### WHAT THIS TASK INVOLVES:
Below this line is a set of entries; quote exactly the lines from the line that contains "(map inner_meant instances.now)" to the line that contains "let instances = instances_in(alloc, scopes[at].text)?;", both lines included.

........

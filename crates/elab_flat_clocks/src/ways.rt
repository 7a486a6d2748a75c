// How the inputs of the top reach those of all instances.

ghost use Rattle.std.specs.Prelude.{◌≡◌, IfOk, IfErr, length, map};
ghost use Rattle.elab_flat_faults.specs.FlatStands.{Refuses};
ghost use Rattle.elab_flat_scopes.specs.Borrowed.{inner_meant};
ghost use Rattle.elab_flat_instances.specs.Unfolding.{scope_meant};
ghost use Rattle.elab_flat_clocks.specs.Passing.{exprs_meant, StandsAmong};
ghost use Rattle.elab_flat_clocks.specs.Tabled.{AreTablesBelow, AreAllScopes, AreWaysOf};

use crate::kept::kept_into;
use crate::{Table, child_table, top_table};
use elab_flat_faults::FlatFault;
use elab_flat_instances::Scope;
use elab_flat_scopes::{Inner, instances_in};
use std::alloc::Global;
use vlog_tree::Expr;

/// For each scope what reaches its names, and the expressions of its connections that pass nothing on.
#[derive(Drop)]
pub struct Ways<'a> {
    pub tables: Vec<Table<'a>>,
    pub kept: Vec<Vec<&'a Expr>>,
}

// The tables of some instances with their scopes, by that of the scope that they stand in. A refusal's fault stands at
// one of them.
fn tables_below<'a>(
    alloc: Global,
    outer: &Table<'a>,
    instances: &[Inner<'_>],
    scopes: &[Scope<'a>],
) -> Result<Vec<Table<'a>>, FlatFault>
    requires { length scopes.now ≡ length instances.now }
    ensures ok { IfOk result (λ r. AreTablesBelow outer.now (map inner_meant instances.now)
        (map scope_meant scopes.now) r.items) }
    ensures err { IfErr result (Refuses (StandsAmong (map scope_meant scopes.now))) }
{
    let mut all = Vec::new(alloc);
    let mut at = 0;
    for inner in instances {
        match child_table(alloc, outer, inner, &scopes[at]) {
            Ok(table) => all.push(table)?,
            Err(fault) => return Err(fault),
        }
        at += 1;
    }
    Ok(all)
}

/// The ways through all scopes, which stand in the order of their paths. A refusal's fault stands at one of them.
pub fn ways_of<'a>(alloc: Global, scopes: &[Scope<'a>]) -> Result<Ways<'a>, FlatFault>
    requires { AreAllScopes (map scope_meant scopes.now) }
    ensures ok { IfOk result (λ w. AreWaysOf (map scope_meant scopes.now) w.tables.items
        (map exprs_meant w.kept.items)) }
    ensures err { IfErr result (Refuses (StandsAmong (map scope_meant scopes.now))) }
{
    let mut tables = Vec::new(alloc);
    let mut kept = Vec::new(alloc);
    match top_table(alloc, &scopes[0]) {
        Ok(table) => tables.push(table)?,
        Err(fault) => return Err(fault),
    }
    let (_, mut rest) = scopes.split_at(1);
    let mut at = 0;
    while at < scopes.len() {
        let instances = instances_in(alloc, scopes[at].text)?;
        let (inner, after) = rest.split_at(instances.len());
        match kept_into(alloc, &instances, inner) {
            Ok(exprs) => kept.push(exprs)?,
            Err(fault) => return Err(fault),
        }
        let mut more = match tables_below(alloc, &tables[at], &instances, inner) {
            Ok(more) => more,
            Err(fault) => return Err(fault),
        };
        tables.append(&mut more)?;
        rest = after;
        at += 1;
    }
    Ok(Ways { tables, kept })
}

........

### REPLY TO THE EXERCISE:
    ensures ok { IfOk result (λ r. AreTablesBelow outer.now (map inner_meant instances.now)
        (map scope_meant scopes.now) r.items) }
    ensures err { IfErr result (Refuses (StandsAmong (map scope_meant scopes.now))) }
{
    let mut all = Vec::new(alloc);
    let mut at = 0;
    for inner in instances {
        match child_table(alloc, outer, inner, &scopes[at]) {
            Ok(table) => all.push(table)?,
            Err(fault) => return Err(fault),
        }
        at += 1;
    }
    Ok(all)
}

/// The ways through all scopes, which stand in the order of their paths. A refusal's fault stands at one of them.
pub fn ways_of<'a>(alloc: Global, scopes: &[Scope<'a>]) -> Result<Ways<'a>, FlatFault>
    requires { AreAllScopes (map scope_meant scopes.now) }
    ensures ok { IfOk result (λ w. AreWaysOf (map scope_meant scopes.now) w.tables.items
        (map exprs_meant w.kept.items)) }
    ensures err { IfErr result (Refuses (StandsAmong (map scope_meant scopes.now))) }
{
    let mut tables = Vec::new(alloc);
    let mut kept = Vec::new(alloc);
    match top_table(alloc, &scopes[0]) {
        Ok(table) => tables.push(table)?,
        Err(fault) => return Err(fault),
    }
    let (_, mut rest) = scopes.split_at(1);
    let mut at = 0;
    while at < scopes.len() {
        let instances = instances_in(alloc, scopes[at].text)?;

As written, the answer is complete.